Why the hell isn't THIS being reported in the news? You would think that denunciation of a Muslim, uh, cleric by a prominent candidate with a Muslim name would be big big news for the talking heads. Shit, that fact alone is a major point in Obama's favor, and I'm not even a fan!
It happened a long way back. Remember, Obama came to Chicago as a community organizer after not living here when he was growing up, so when you're working to organize black communities it's not unlikely that black community leaders like Farrakhan will be involved, so his repudiations of Louis happened way back when, back when it mattered the first time. Honestly, I know the rest of the country is all excited like they found some goddamn easter egg nobody else noticed was there, but we fucking know about Louis Farrakhan already. I mean, it's Louis Farrakhan. The man doesn't live in a shack.
First of all, he lives in Hyde Park. This may sound familiar by now, because it also houses the University of Chicago, and a hell of a lot of people live in Hyde Park Township. Such as Jessie Jackson, Carol Moseley Braun, and the now famous Bill Ayers and Barack Obama neighborhood, and a lot of other UoC staff which explains the fairly liberal makeup. Remember, Barack taught at UoC. It's an affluent neighborhood, but surrounded by poverty, and racial tension--those two things are obviously related--and racial tension is still a big element of the area. But Obama didn't grow up in Hyde Park anyway, he grew up in Hawaii, with it's own unique history of minority abuse.
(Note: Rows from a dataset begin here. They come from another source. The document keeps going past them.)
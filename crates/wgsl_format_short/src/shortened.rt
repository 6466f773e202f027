//! The shortest text of a module.

ghost use Rattle.std.specs.Prelude.{◌≡◌, ◌⊎◌, chars, length, string_bytes, IfOk, IfErr};
ghost use Rattle.wgsl_error.specs.View.{fault_view};
ghost use Rattle.wgsl_read_cursor.specs.Answers.{IsOutOfMemory};
ghost use Rattle.wgsl_read_cursor.specs.Places.{StandsWithin};
ghost use Rattle.wgsl_model_tidy.specs.Formatted.{unmarked};
ghost use Rattle.wgsl_model_tidy.specs.Syntax.{IsModuleInSyntax, IsFaultAfterMark};
ghost use Rattle.wgsl_model_short.specs.Shortened.{IsShortest, KeepsTokens, IsLeast};

use crate::shortest::shortest;
use crate::source::{error_after, split_mark};
use std::alloc::Global;
use wgsl_error::Error;
use wgsl_lexer::TextTokens;
use wgsl_read_dialect::check_syntax;

/// Returns the shortest text that has the tokens of a module: their characters, in order, and
/// between two tokens a space if without it they would not be read as these two. Comments, line
/// breaks and a byte order mark at the start are left out. Names are not checked, so the text may
/// have reserved words or attributes, address spaces or severities that `parse_str` does not know.
/// Otherwise the error is the first token that can't be where it is; else the text that is no
/// token; else that the text ends too early. Its place counts the byte order mark.
pub fn shorten(alloc: Global, source: &str) -> Result<String, Error>
    ensures accepted { IfOk result (λ _. IsModuleInSyntax (unmarked (chars source.now))) }
    ensures refused { IfErr result (λ e.
        IsOutOfMemory e ⊎ IsFaultAfterMark (chars source.now) (fault_view e)) }
    ensures placed { IfErr result (λ e. StandsWithin e.span (length source.now)) }
    ensures shortest { IfOk result (λ text.
        IsShortest (chars source.now) (chars (string_bytes text))) }
    ensures kept { IfOk result (λ text.
        KeepsTokens (chars source.now) (chars (string_bytes text))) }
    ensures least { IfOk result (λ text.
        IsLeast (chars source.now) (chars (string_bytes text))) }
{
    shorten_within(alloc, source, usize::MAX)
}

/// Returns what `shorten` does, on a stack that grows with a depth: where brackets, blocks and
/// template lists nest deeper than a number of levels, the error is of the kind `OutOfMemory`. They
/// are counted by the rules of the grammar, so a few more levels may be accepted.
pub fn shorten_within(alloc: Global, source: &str, depth: usize) -> Result<String, Error>
    ensures accepted { IfOk result (λ _. IsModuleInSyntax (unmarked (chars source.now))) }
    ensures refused { IfErr result (λ e.
        IsOutOfMemory e ⊎ IsFaultAfterMark (chars source.now) (fault_view e)) }
    ensures placed { IfErr result (λ e. StandsWithin e.span (length source.now)) }
    ensures shortest { IfOk result (λ text.
        IsShortest (chars source.now) (chars (string_bytes text))) }
    ensures kept { IfOk result (λ text.
        KeepsTokens (chars source.now) (chars (string_bytes text))) }
    ensures least { IfOk result (λ text.
        IsLeast (chars source.now) (chars (string_bytes text))) }
{
    let (mark, text) = split_mark(source);
    let tokens = TextTokens::new(alloc, text)?;
    if let Err(error) = check_syntax(alloc, text, tokens.clone(alloc)?, depth) {
        return Err(error_after(mark, error));
    }
    Ok(shortest(alloc, text, tokens)?)
}
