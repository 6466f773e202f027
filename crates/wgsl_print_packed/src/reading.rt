//! Texts and spans at the front of a packed form.

ghost use Rattle.std.specs.Prelude.{ℕ, List, ◌≡◌, ◌+◌, ◌++◌, ◌<◌, ◌^◌, ◌≤◌, ◌%◌, length, MatchResult, IfOk};
ghost use Rattle.grammar.specs.Tokens.{Span};
ghost use Rattle.wgsl_model_packed.specs.Printing.{packed_number, packed_span, packed_text};

use crate::error::PackedError;

/// Splits a number off the front of a form.
fn split_number(form: &[u8]) -> Result<(u64, &[u8]), PackedError>
    ensures read { IfOk result (λ p. form.now ≡ packed_number p.0 ++ p.1.now) }
    ensures number { (n : ℕ) (left : List ℕ) → form.now ≡ packed_number n ++ left →
        MatchResult result (λ p. (p.0 ≡ n % 2 ^ 64) × (p.1.now ≡ left)) (λ _. ⊥) }
    ensures length { IfOk result (λ p. length p.1.now + 8 ≡ length form.now) }
{
    match form.split_first_chunk::<8>() {
        Some((bytes, left)) => Ok((u64::from_le_bytes(*bytes), left)),
        None => Err(PackedError::NotPacked),
    }
}

/// Splits a text off the front of a form.
pub(crate) fn split_text(form: &[u8]) -> Result<(&[u8], &[u8]), PackedError>
    ensures read { IfOk result (λ p. form.now ≡ packed_text p.0.now ++ p.1.now) }
    ensures text { (text left : List ℕ) → form.now ≡ packed_text text ++ left →
        MatchResult result (λ p. (p.0.now ≡ text) × (p.1.now ≡ left)) (λ _. ⊥) }
    ensures shorter { IfOk result (λ p. length p.1.now ≤ length form.now) }
{
    let (size, left) = split_number(form)?;
    let (size, length) = (size as usize, left.len());
    if size > length {
        return Err(PackedError::NotPacked);
    }
    Ok(left.split_at(size))
}

/// Splits a span off the front of a form.
pub(crate) fn split_span(form: &[u8]) -> Result<(u64, u64, &[u8]), PackedError>
    ensures read { IfOk result (λ p.
        form.now ≡ packed_span (record { start = p.0; end = p.1 }) ++ p.2.now) }
    ensures span { (span : Span) (left : List ℕ) → form.now ≡ packed_span span ++ left →
        MatchResult result (λ p. (p.0 ≡ span.start % 2 ^ 64) × (p.1 ≡ span.end % 2 ^ 64)
        × (p.2.now ≡ left)) (λ _. ⊥) }
    ensures shorter { IfOk result (λ p. length p.2.now ≤ length form.now) }
{
    let (start, left) = split_number(form)?;
    let (end, left) = split_number(left)?;
    Ok((start, end, left))
}
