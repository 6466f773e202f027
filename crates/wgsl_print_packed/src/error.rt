//! Why nothing is printed of a packed form.

ghost use Rattle.std.specs.Prelude.{◌≡◌};
ghost use Rattle.wgsl_print_packed.specs.declared.error.PackedError.TheVariants as errors;

use std::alloc::{AllocError, AllocFailed};
use std::fmt;
use std::fmt::Write;

/// The reasons for which nothing is printed of a packed form.
#[derive(Clone, Copy, Debug, PartialEq, Eq)]
pub enum PackedError {
    /// An allocation failed.
    OutOfMemory,
    /// The bytes are not the packed form of a tree.
    NotPacked,
}

impl From<AllocError> for PackedError {
    ghost from_gives = { λ _ error. error ≡ errors.OutOfMemory };

    fn from(_: AllocError) -> Self {
        Self::OutOfMemory
    }
}

impl<T: Drop> From<AllocFailed<T>> for PackedError {
    ghost from_gives = { λ _ error. error ≡ errors.OutOfMemory };

    fn from(_: AllocFailed<T>) -> Self {
        PackedError::from(AllocError)
    }
}

impl fmt::Display for PackedError {
    fn fmt<W: fmt::Write>(&self, f: &mut fmt::Formatter<W>) -> fmt::Result {
        match self {
            PackedError::OutOfMemory => f.write_str("an allocation failed"),
            PackedError::NotPacked => f.write_str("the bytes are not the packed form of a tree"),
        }
    }
}

impl std::error::Error for PackedError {}
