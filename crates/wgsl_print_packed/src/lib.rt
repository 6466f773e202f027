//! The print of a packed form by the texts of its rules, without a tree: as WGSL or as JSON.
#![tactic(auto)]

mod error;
mod json;
mod notation;
mod printer;
mod reading;
mod rules;
mod writing;

ghost use Rattle.std.specs.Prelude.{◌≡◌, ℕ, List, [], codes, IfOk, MatchResult};
ghost use Rattle.wgsl_model_packed.specs.Printing.{PrintsBy};
ghost use Rattle.wgsl_print_packed.specs.Notations.{notation_of};
ghost use Rattle.wgsl_print_packed.specs.declared.error.PackedError.TheVariants as errors;

use crate::printer::Printer;
pub use error::PackedError;
pub use notation::Notation;
use std::alloc::Global;

/// Returns what the rules print of a packed form in a notation.
pub fn print_packed(alloc: Global, notation: Notation, form: &[u8]) -> Result<Vec<u8>, PackedError>
    ensures printed { IfOk result (λ bytes.
        PrintsBy (notation_of notation) 0 (codes "$") form.now bytes.items []) }
    ensures taken { (text : List ℕ) →
        PrintsBy (notation_of notation) 0 (codes "$") form.now text [] →
        MatchResult result (λ bytes. bytes.items ≡ text) (λ error. error ≡ errors.OutOfMemory) }
{
    let mut printer = Printer::new(alloc, notation, form)?;
    printer.print()?;
    printer.finish()
}
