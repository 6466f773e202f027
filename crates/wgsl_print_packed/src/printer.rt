//! What of a packed form is printed, and what is left.

ghost use Rattle.std.specs.Prelude.{ℕ, List, [], ◌∷◌, ◌≡◌, ◌≢◌, ◌+◌, ◌<◌, ◌≤◌, ◌++◌, true, length, slice_index, codes, MatchResult, OnOk, IfOk};
ghost use Rattle.wgsl_model_packed.specs.Printing.{PrintsBy, is_plain, is_rule};
ghost use Rattle.wgsl_print_packed.specs.Printing.{Begins, Continues, HasPrinted, IsLeft, joined, places_left, size};
ghost use Rattle.wgsl_print_packed.specs.Notations.{notation_of};
ghost use Rattle.wgsl_print_packed.specs.declared.error.PackedError.TheVariants as errors;

use crate::error::PackedError;
use crate::notation::Notation;
use crate::reading::{split_span, split_text};
use crate::writing;
use std::alloc::{AllocError, Global};

/// A print of a packed form, up to a place in the text of a rule.
#[derive(Drop)]
pub(crate) struct Printer<'f> {
    /// What the form is printed as.
    notation: Notation,
    /// What is left of the form.
    form: &'f [u8],
    /// What is left of the text of a rule.
    places: &'static [u8],
    /// What is left of the texts that this one is in, the outermost first.
    outer: Vec<&'static [u8]>,
    /// Levels of four spaces.
    depth: usize,
    /// What is printed.
    text: Vec<u8>,
}

impl<'f> Printer<'f> {
    /// Creates a print that has yet to begin.
    pub(crate) fn new(
        alloc: Global,
        notation: Notation,
        form: &'f [u8],
    ) -> Result<Self, PackedError>
        ensures printed { IfOk result (λ printer. (end : List ℕ) →
            PrintsBy (notation_of printer.notation) printer.depth (places_left printer)
            printer.form.now end [] →
            PrintsBy (notation_of notation) 0 (codes "$") form.now (printer.text.items ++ end) []) }
        ensures taken { (text : List ℕ) →
            PrintsBy (notation_of notation) 0 (codes "$") form.now text [] → MatchResult result
            (λ printer. IsLeft printer text) (λ error. error ≡ errors.OutOfMemory) }
    {
        let text = Vec::with_capacity(alloc, form.len())?;
        Ok(Printer {
            notation,
            form,
            places: b"$",
            outer: Vec::new(alloc),
            depth: 0,
            text,
        })
    }

    /// Prints all that is left.
    pub(crate) fn print(&mut self) -> Result<(), PackedError>
        ensures printed { OnOk result (HasPrinted self.old self.new × (places_left self.new ≡ [])) }
        ensures taken { (text : List ℕ) → IsLeft self.old text → MatchResult result
            (λ _. (self.new.text.items ≡ text) × (self.new.form.now ≡ []))
            (λ error. error ≡ errors.OutOfMemory) }
    {
        'places: loop {
            if let Some((place, rest)) = self.places.split_first() {
                self.print_place(*place, rest)?;
            } else if let Some(places) = self.outer.pop() {
                self.places = places;
            } else {
                return Ok(());
            }
        }
    }

    /// Returns the text, if nothing is left of the form.
    pub(crate) fn finish(self) -> Result<Vec<u8>, PackedError>
        ensures { MatchResult result
            (λ bytes. (self.entry.form.now ≡ []) × (bytes.items ≡ self.entry.text.items))
            (λ _. self.entry.form.now ≢ []) }
    {
        if self.form.is_empty() {
            Ok(self.text)
        } else {
            Err(PackedError::NotPacked)
        }
    }

    /// Prints what fills a place, or the bytes before the next place.
    fn print_place(&mut self, place: u8, rest: &'static [u8]) -> Result<(), PackedError>
        requires { self.old.places.now ≡ place ∷ rest.now }
        ensures printed { OnOk result (HasPrinted self.old self.new) }
        ensures taken { Continues self.old result self.new }
        ensures smaller { OnOk result (size self.new < size self.old) }
    {
        match place {
            b'$' | b'&' | b'?' => self.enter_rule(place, rest),
            b'#' => self.print_text(rest),
            b'%' => self.print_span(rest),
            b'\n' => self.break_line(rest),
            b'^' => self.indent(rest),
            b'~' => self.unindent(rest),
            _ => self.write_plain(),
        }
    }

    /// Continues with the text of the rule whose number is next.
    fn enter_rule(&mut self, place: u8, rest: &'static [u8]) -> Result<(), PackedError>
        requires rule { is_rule place ≡ true }
        requires at { self.old.places.now ≡ place ∷ rest.now }
        ensures printed { OnOk result (HasPrinted self.old self.new) }
        ensures taken { Continues self.old result self.new }
        ensures smaller { OnOk result (size self.new < size self.old) }
    {
        let Some((number, form)) = self.form.split_first() else {
            return Err(PackedError::NotPacked);
        };
        let Some(text) = self.notation.rule(*number) else {
            return Err(PackedError::NotPacked);
        };
        keep_rest(rest, &mut self.outer)?;
        self.form = form;
        self.places = begin(place, text.as_bytes(), &mut self.text)?;
        Ok(())
    }

    /// Prints the text that is next.
    fn print_text(&mut self, rest: &'static [u8]) -> Result<(), PackedError>
        requires { self.old.places.now ≡ 35 ∷ rest.now }
        ensures printed { OnOk result (HasPrinted self.old self.new) }
        ensures taken { Continues self.old result self.new }
        ensures smaller { OnOk result (size self.new < size self.old) }
    {
        let (text, form) = split_text(self.form)?;
        self.notation.write_text(text, self.depth, &mut self.text)?;
        self.form = form;
        self.places = rest;
        Ok(())
    }

    /// Prints the span that is next.
    fn print_span(&mut self, rest: &'static [u8]) -> Result<(), PackedError>
        requires { self.old.places.now ≡ 37 ∷ rest.now }
        ensures printed { OnOk result (HasPrinted self.old self.new) }
        ensures taken { Continues self.old result self.new }
        ensures smaller { OnOk result (size self.new < size self.old) }
    {
        let (start, end, form) = split_span(self.form)?;
        self.notation.write_span(start, end, &mut self.text)?;
        self.form = form;
        self.places = rest;
        Ok(())
    }

    /// Ends a line, and writes the spaces before the next one.
    fn break_line(&mut self, rest: &'static [u8]) -> Result<(), PackedError>
        requires { self.old.places.now ≡ 10 ∷ rest.now }
        ensures printed { OnOk result (HasPrinted self.old self.new) }
        ensures taken { Continues self.old result self.new }
        ensures smaller { OnOk result (size self.new < size self.old) }
    {
        writing::break_line(self.depth, &mut self.text)?;
        self.places = rest;
        Ok(())
    }

    /// Indents what follows by one level more.
    fn indent(&mut self, rest: &'static [u8]) -> Result<(), PackedError>
        requires { self.old.places.now ≡ 94 ∷ rest.now }
        ensures printed { OnOk result (HasPrinted self.old self.new) }
        ensures taken { Continues self.old result self.new }
        ensures smaller { OnOk result (size self.new < size self.old) }
    {
        let Some(depth) = self.depth.checked_add(1) else {
            return Err(PackedError::OutOfMemory);
        };
        self.depth = depth;
        self.places = rest;
        Ok(())
    }

    /// Indents what follows by one level less.
    fn unindent(&mut self, rest: &'static [u8]) -> Result<(), PackedError>
        requires { self.old.places.now ≡ 126 ∷ rest.now }
        ensures printed { OnOk result (HasPrinted self.old self.new) }
        ensures taken { Continues self.old result self.new }
        ensures smaller { OnOk result (size self.new < size self.old) }
    {
        let Some(depth) = self.depth.checked_sub(1) else {
            return Err(PackedError::NotPacked);
        };
        self.depth = depth;
        self.places = rest;
        Ok(())
    }

    /// Writes the bytes before the next place.
    fn write_plain(&mut self) -> Result<(), PackedError>
        requires some { 0 < length self.old.places.now }
        requires first { is_plain (slice_index self.old.places.now 0) ≡ true }
        ensures printed { OnOk result (HasPrinted self.old self.new) }
        ensures taken { Continues self.old result self.new }
        ensures smaller { OnOk result (size self.new < size self.old) }
    {
        let (plain, rest) = self.places.split_at(plain_length(self.places));
        self.text.extend_from_slice(plain)?;
        self.places = rest;
        Ok(())
    }
}

/// Returns the text of a rule in a place, once a comma before it is printed.
fn begin(place: u8, text: &'static [u8], out: &mut Vec<u8>) -> Result<&'static [u8], AllocError>
    ensures { IfOk result (λ places.
        Begins place text.now out.old.items out.new.items places.now) }
{
    match place {
        b'&' if !text.is_empty() => {
            out.push(b',')?;
            Ok(text)
        }
        b'?' if text.is_empty() => Ok(b"null"),
        _ => Ok(text),
    }
}

/// Keeps what is left of a text, unless that is nothing.
fn keep_rest(rest: &'static [u8], outer: &mut Vec<&'static [u8]>) -> Result<(), PackedError>
    ensures kept { MatchResult result
        (λ _. joined outer.new.items ≡ rest.now ++ joined outer.old.items)
        (λ error. error ≡ errors.OutOfMemory) }
    ensures length { OnOk result (length outer.new.items ≤ length outer.old.items + 1) }
{
    if rest.is_empty() {
        return Ok(());
    }
    outer.push(rest)?;
    Ok(())
}

/// Returns how many bytes at the front are printed as they are.
fn plain_length(places: &[u8]) -> usize
    ensures bound { result ≤ length places.now }
    ensures plain { (k : ℕ) → k < result → is_plain (slice_index places.now k) ≡ true }
    ensures some { 0 < length places.now → is_plain (slice_index places.now 0) ≡ true →
        0 < result }
{
    'bytes: for i in 0..places.len() {
        if !is_plain(places[i]) {
            return i;
        }
    }
    places.len()
}

/// Returns whether a byte is printed as it is.
fn is_plain(byte: u8) -> bool
    ensures { result ≡ is_plain byte }
{
    !matches!(byte, b'\n' | b'#' | b'$' | b'%' | b'&' | b'?' | b'^' | b'~')
}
So if you, as a UoC professor, a past community organizer, a prominent black figure and someone looking for ways to continue to unite people... were approached by crazyass Louis Farrakhan, what right would you have to tell him he can't be involved in his own neighborhood?
Now, the one thing I'll disagree with is calling him a prominent Muslim leader. The Nation of Islam has been widely criticized for muddling with Islamic teachings, and has only recently as Farrakhan gets old begun to drift anywhere near the mainstream of Islamic teaching. It really was just black power propaganda, and the famously pro-rights Southern Poverty Law Center added the Nation of Islam to it's list of Hate Groups, in such fine company as the Klu Klux Klan and Volksfront. The Islamic community has a lot of crazy people, and crazy black muslims are not rare by any stretch, but the NoI is really kind of an African-American invention that was an attempt to break away from what they felt was a national religion that was hostile to them. I can't really blame them--a lot of blacks got hung, beaten, and shot by "good Christian" white folk, and I'm sure they got sick of seeing crosses on their lawns.
In any case, this is all ancient history, and it's the kind of handshaking that's done anytime you live anywhere. Sarah Palin and the America-hating secessionist Independance Party is a similar thing, as is McCain's membership to the World Anti-Communist League, which was formed by Chiang Kai-shek and was involved in enough horrible scandal that you'll have no trouble googling it for yourself. This relation by McCain to the WACL wasn't just a handshake, but from what we've had told he didn't seem to take an active role, just one of support. I assume that the details went over his head, and didn't really understand the full implications of the bizzare Moonie/CIA connection and it's work in supporting Iran Contra. There's really no harm here, since guilt by association isn't fair, but it is fair to ask about judgement. I'm just of the opinion that none of these connections are really all that damning, just embarassing.